- [Input]
-=-=-

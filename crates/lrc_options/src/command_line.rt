//! Reads the program's words.
ghost use Rattle.std.specs.Prelude.{◌≡◌, ◌||◌, ℕ, Bool, List, IfOk, IfErr, MatchOption, OnOk, false, true, is_some, map, not, option_map, string_bytes, codes};
ghost use Rattle.std.specs.Option.{option_map_or};
ghost use Rattle.std.specs.Str.{bytes_eq};
ghost use Rattle.clap.specs.Words.{first_of, one_of, rows_of, found_of};
ghost use Rattle.lrc_options.specs.OptionRules.{IsNumberReadByOptionRule, IsNumberByOptionRule, IsSeedByOptionRule, IsFlagByOptionRule, IsLaxByOptionRules, IsOneOfFlagsByOptionRule, AreOptionsAskedByRules, AreOptionsByRulesOfScript};
ghost use Rattle.lrc_options.specs.declared.ranges.EventRange.{EventRange};
ghost use Rattle.lrc_options.specs.OptionRules.{AreEventsByOptionRule, AreOptionsByRulesOfExplain, AreOptionsByRulesOfExplore, AreUntilWordsByOptionRule, AreProcessorsByOptionRule, AreOptionsByRulesOfSample};
ghost use Rattle.lrc_options.specs.OptionRules.{AreOptionsByRulesOfDraw, AreOptionsByRulesOfFollow, AreOptionsByRulesOfPages, ArePageWordsByOptionRule, AreOptionsByRulesOfShowing, AreOptionsByRulesOfTell, IsSizeByOptionRule, IsExplanationAskedByOptionRules, IsShowingUnreadByOptionRules};
ghost use Rattle.lrc_options.specs.OptionRules.{AreOptionsByRulesOfTrace, option_rule_default_most, option_rule_detail_given, option_rule_locksets_given, option_rule_model_given, option_rule_named_detail, option_rule_named_locksets, option_rule_named_model, option_rule_ticket};
ghost use Rattle.lrc_options.specs.Clashes.{do_options_clash_together};
ghost use Rattle.lrc_options.specs.OptionRules.{AreOptionsGivenByRules, AreOptionsRefusedByRules, IsOptionUnanswered, option_rule_most_processors, option_rule_most_tries, option_rule_most_seed, option_rule_default_tries, option_rule_default_seeds};

use crate::clap_commands::{
    DETAILS, LOCKS, LOCKSET_WORDS, MODELS, MOST_SEED, MOST_TRIES, PATTERNS, clap_lrc_command,
};
use crate::clashes::{is_in_words, is_lazy_release, option_clash_of};
use crate::final_words::final_words;
use crate::misuse::{misuse_by_exclusion, misuse_by_unread_value, with_misuse_tip};
use crate::options::{
    Asked, DEFAULT_MOST, DEFAULT_SEEDS, DEFAULT_TRIES, DrawOptions, ExplainOptions, ExploreOptions,
    FollowOptions, MOST_JOBS, MOST_RACES, MOST_TOP, MOST_TRACE_PROCESSORS, Options, OutcomeDetail,
    PagesOptions, SampleOptions, ShowOptions, TellOptions, TraceLocksets, TraceModel, TraceOptions,
};
use crate::page_words::{default_page_sizes, page_sizes};
use crate::ranges::{ALL_EVENTS, EventRange, option_range_of_events, processors};
use base::MOST_PROCESSORS;
use clap::{ArgMatches, Error};
use std::alloc::{AllocError, Global};

/// The number that an option gives.
fn command_line_number(matches: &ArgMatches<'_>, id: &str) -> Option<u64>
    ensures { IsNumberReadByOptionRule (one_of id.now (rows_of (found_of matches.now))) result }
{
    matches.get_one::<u64>(id)
}

/// The number given for `--tries`, or the default.
fn command_line_tries(matches: &ArgMatches<'_>) -> u64
    ensures { IsNumberByOptionRule 1 option_rule_most_tries option_rule_default_tries
        (one_of (codes "tries") (rows_of (found_of matches.now))) result }
{
    match command_line_number(matches, "tries") {
        Some(tries) if 1 <= tries && tries <= MOST_TRIES => tries,
        _ => DEFAULT_TRIES,
    }
}

/// The number given for `--seed`.
fn command_line_seed(matches: &ArgMatches<'_>) -> Option<u64>
    ensures { IsSeedByOptionRule (one_of (codes "seed") (rows_of (found_of matches.now))) result }
{
    match command_line_number(matches, "seed") {
        Some(seed) if seed <= MOST_SEED => Some(seed),
        _ => None,
    }
}

/// The number given for `--seeds`, or the default.
fn command_line_seeds(matches: &ArgMatches<'_>) -> u32
    ensures { IsNumberByOptionRule 1 option_rule_most_seed option_rule_default_seeds
        (one_of (codes "seeds") (rows_of (found_of matches.now))) result }
{
    match command_line_number(matches, "seeds") {
        Some(seeds) if 1 <= seeds && seeds <= MOST_SEED => seeds as u32,
        _ => DEFAULT_SEEDS,
    }
}

/// The number given for `--most`, or the default.
fn command_line_most(matches: &ArgMatches<'_>) -> u32
    ensures { IsNumberByOptionRule 0 option_rule_most_seed option_rule_default_most
        (one_of (codes "most") (rows_of (found_of matches.now))) result }
{
    match command_line_number(matches, "most") {
        Some(most) if most <= MOST_SEED => most as u32,
        _ => DEFAULT_MOST,
    }
}

/// The size that an option gives, from 1 to the most.
fn command_line_size(matches: &ArgMatches<'_>, id: &str, most: u64) -> Option<u64>
    ensures { IsSizeByOptionRule most (one_of id.now (rows_of (found_of matches.now))) result }
{
    match command_line_number(matches, id) {
        Some(size) if 1 <= size && size <= most => Some(size),
        _ => None,
    }
}

/// Whether the ticket lock is asked for.
fn command_line_wants_ticket(matches: &ArgMatches<'_>) -> bool
    ensures { result ≡ option_rule_ticket (rows_of (found_of matches.now)) }
{
    match matches.get_str("lock") {
        Some(lock) => lock == "ticket",
        None => false,
    }
}

/// Whether the journal is asked for.
fn command_line_wants_journal(matches: &ArgMatches<'_>) -> bool
    ensures { IsFlagByOptionRule (one_of (codes "journal") (rows_of (found_of matches.now))) result }
{
    matches.get_flag("journal")
}

/// Whether a picture alone is asked for.
fn command_line_wants_svg(matches: &ArgMatches<'_>) -> bool
    ensures { IsFlagByOptionRule (one_of (codes "svg") (rows_of (found_of matches.now))) result }
{
    matches.get_flag("svg")
}

/// Whether a page with a picture is asked for.
fn command_line_wants_page(matches: &ArgMatches<'_>) -> bool
    ensures { IsFlagByOptionRule (one_of (codes "html") (rows_of (found_of matches.now))) result }
{
    matches.get_flag("html")
}

/// Whether a picture is asked for, alone or in a page.
fn command_line_wants_picture(matches: &ArgMatches<'_>) -> bool
    ensures { IsOneOfFlagsByOptionRule (one_of (codes "svg") (rows_of (found_of matches.now)))
        (one_of (codes "html") (rows_of (found_of matches.now))) result }
{
    let svg = command_line_wants_svg(matches);
    let page = command_line_wants_page(matches);
    svg || page
}

/// Whether the protocol's state is asked for.
fn command_line_wants_state(matches: &ArgMatches<'_>) -> bool
    ensures { IsFlagByOptionRule (one_of (codes "state") (rows_of (found_of matches.now))) result }
{
    matches.get_flag("state")
}

/// The range given for `--events`, or all events; None where what is given is no range.
fn command_line_events(matches: &ArgMatches<'_>) -> Option<EventRange>
    ensures { MatchOption result ((x : EventRange) → ¬ AreEventsByOptionRule (first_of (codes "events") (rows_of (found_of matches.now))) x)
        (AreEventsByOptionRule (first_of (codes "events") (rows_of (found_of matches.now)))) }
{
    match matches.get_str("events") {
        Some(text) => option_range_of_events(text),
        None => Some(ALL_EVENTS),
    }
}

/// How many processors may be given: as many as a trace has, or as a script's cluster.
fn command_line_most_processors(matches: &ArgMatches<'_>) -> usize
    ensures { result ≡ option_rule_most_processors (rows_of (found_of matches.now)) }
{
    if is_in_words(matches, "trace") {
        MOST_TRACE_PROCESSORS
    } else {
        MOST_PROCESSORS
    }
}

/// The processors given for `--processors`, or all; None where what is given are none.
fn command_line_processors(matches: &ArgMatches<'_>) -> Option<[bool; MOST_TRACE_PROCESSORS]>
    ensures { MatchOption result
        ((marks : List Bool) → ¬ AreProcessorsByOptionRule (option_rule_most_processors (rows_of (found_of matches.now)))
        (first_of (codes "processors") (rows_of (found_of matches.now))) marks)
        (AreProcessorsByOptionRule (option_rule_most_processors (rows_of (found_of matches.now)))
        (first_of (codes "processors") (rows_of (found_of matches.now)))) }
{
    match matches.get_str("processors") {
        Some(text) => processors(text, command_line_most_processors(matches)),
        None => Some([true; MOST_TRACE_PROCESSORS]),
    }
}

/// What is wanted of `--processors`, in words.
fn command_line_processors_wanted(matches: &ArgMatches<'_>) -> &'static str {
    if is_in_words(matches, "trace") {
        "numbers from 0 to 255, as 2 or 0,2"
    } else {
        "numbers from 0 to 15, as 2 or 0,2"
    }
}

/// The words given for `--until`, or none; None where what is given are no words. The only error is running out of memory.
fn command_line_until(
    alloc: Global,
    matches: &ArgMatches<'_>,
) -> Result<Option<Vec<(usize, u32)>>, AllocError>
    ensures { IfOk result (λ o. MatchOption o
        ((words : List (ℕ × ℕ)) → ¬ AreUntilWordsByOptionRule (first_of (codes "until") (rows_of (found_of matches.now))) words)
        (λ v. AreUntilWordsByOptionRule (first_of (codes "until") (rows_of (found_of matches.now))) v.items)) }
{
    match matches.get_str("until") {
        Some(text) => final_words(alloc, text),
        None => Ok(Some(Vec::new(alloc))),
    }
}

/// Whether it is asked for by name that a trace is judged lax.
fn command_line_asks_for_lax(matches: &ArgMatches<'_>) -> bool
    ensures { IsFlagByOptionRule (one_of (codes "lax") (rows_of (found_of matches.now))) result }
{
    matches.get_flag("lax")
}

/// Whether a trace is to be judged strictly.
fn command_line_is_strict(matches: &ArgMatches<'_>) -> bool
    ensures { IsFlagByOptionRule (one_of (codes "strict") (rows_of (found_of matches.now))) result }
{
    matches.get_flag("strict")
}
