//! Numbers, moments and lists of moments as people read them, each added behind a text.
ghost use Rattle.std.specs.Prelude.{◌≡◌, ◌++◌, IfOk, OnOk};
ghost use Rattle.bf_moment.specs.Moment.{IsShown};
ghost use Rattle.bf_wording.specs.Lists.{name_list_of};
ghost use Rattle.bf_wording.specs.Numbers.{number_text, count_text_of};
ghost use Rattle.bf_wording.specs.Moments.{short_moment_of};
ghost use Rattle.bf_marks.specs.Phrases.{short_moments};

use bf_moment::{Moment, moment_bytes};
use bf_value::{OutOfMemory, Text};
use bf_wording::{short_moment, without_midnight};
use jiff::Timestamp;
use std::alloc::Global;

/// Adds `bytes` to `text`.
pub fn push(text: &mut Vec<u8>, bytes: &[u8]) -> Result<(), OutOfMemory>
    ensures { OnOk result (text.new.items ≡ text.old.items ++ bytes.now) }
{
    text.extend_from_slice(bytes)?;
    Ok(())
}

/// Adds a number in decimal, with a comma before each three digits, such as `1,234`.
pub fn push_number(alloc: Global, text: &mut Vec<u8>, number: u64) -> Result<(), OutOfMemory>
    ensures { OnOk result (text.new.items ≡ text.old.items ++ number_text number) }
{
    let mut shown = String::new(alloc);
    bf_wording::push_number(alloc, &mut shown, number)?;
    push(text, shown.as_bytes())
}

/// Adds a number and a noun, which ends in `s` unless the number is 1, such as `1 run` or `2 runs`.
pub fn push_counted_noun(
    alloc: Global,
    text: &mut Vec<u8>,
    number: u64,
    noun: &str,
) -> Result<(), OutOfMemory>
    ensures { OnOk result (text.new.items ≡ text.old.items ++ count_text_of number noun.now) }
{
    let mut shown = String::new(alloc);
    bf_wording::push_count(alloc, &mut shown, number, noun)?;
    push(text, shown.as_bytes())
}

/// Adds a moment in UTC, such as `2024-01-25T06:00:00Z`; just the date, such as `2024-01-25`, where its time is
/// midnight.
pub fn push_moment(text: &mut Vec<u8>, moment: Timestamp) -> Result<(), OutOfMemory>
    requires { IsShown moment.nanosecond }
    ensures { OnOk result (text.new.items ≡ text.old.items ++ short_moment_of moment.nanosecond) }
{
    push(text, without_midnight(&moment_bytes(moment)))
}

/// The text of a moment in UTC, such as `2024-01-25T06:00:00Z`; just the date, such as `2024-01-25`, where its time is
/// midnight.
fn short_moment_text(alloc: Global, moment: Moment) -> Result<Text, OutOfMemory>
    ensures { IfOk result (λ name. name ≡ short_moment_of moment.at.nanosecond) }
{
    short_moment(alloc, moment.at)
}

/// The text of each of these moments in UTC, in order, such as `2024-01-25T06:00:00Z`; just the date where its time is
/// midnight.
fn short_moment_texts(alloc: Global, moments: &[Moment]) -> Result<Vec<Text>, OutOfMemory>
    ensures { IfOk result (λ names. names.items ≡ short_moments moments.now) }
{
    let mut names = Vec::with_capacity(alloc, moments.len())?;
    for moment in moments {
        names.push(short_moment_text(alloc, *moment)?)?;
    }
    Ok(names)
}

/// Adds a list of moments, such as `2024-01-25, 2024-01-31 and 2024-02-05`; of more than four, the first three and how
/// many more there are.
pub fn push_listed_moments(
    alloc: Global,
    text: &mut Vec<u8>,
    moments: &[Moment],
) -> Result<(), OutOfMemory>
    ensures { OnOk result (text.new.items
        ≡ text.old.items ++ name_list_of 3 (short_moments moments.now)) }
{
    let names = short_moment_texts(alloc, moments)?;
    let mut shown = String::new(alloc);
    bf_wording::push_name_list(alloc, &mut shown, names.as_slice(), 3)?;
    push(text, shown.as_bytes())
}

-=-=-

Write out the lines above, starting at the line that contains "for moment in" and ending with the final line, and nothing else; copy them exactly.

- [Result]
    for moment in moments {
        names.push(short_moment_text(alloc, *moment)?)?;
    }
    Ok(names)
}

/// Adds a list of moments, such as `2024-01-25, 2024-01-31 and 2024-02-05`; of more than four, the first three and how
/// many more there are.
pub fn push_listed_moments(
    alloc: Global,
    text: &mut Vec<u8>,
    moments: &[Moment],
) -> Result<(), OutOfMemory>
    ensures { OnOk result (text.new.items
        ≡ text.old.items ++ name_list_of 3 (short_moments moments.now)) }
{
    let names = short_moment_texts(alloc, moments)?;
    let mut shown = String::new(alloc);
    bf_wording::push_name_list(alloc, &mut shown, names.as_slice(), 3)?;
    push(text, shown.as_bytes())
}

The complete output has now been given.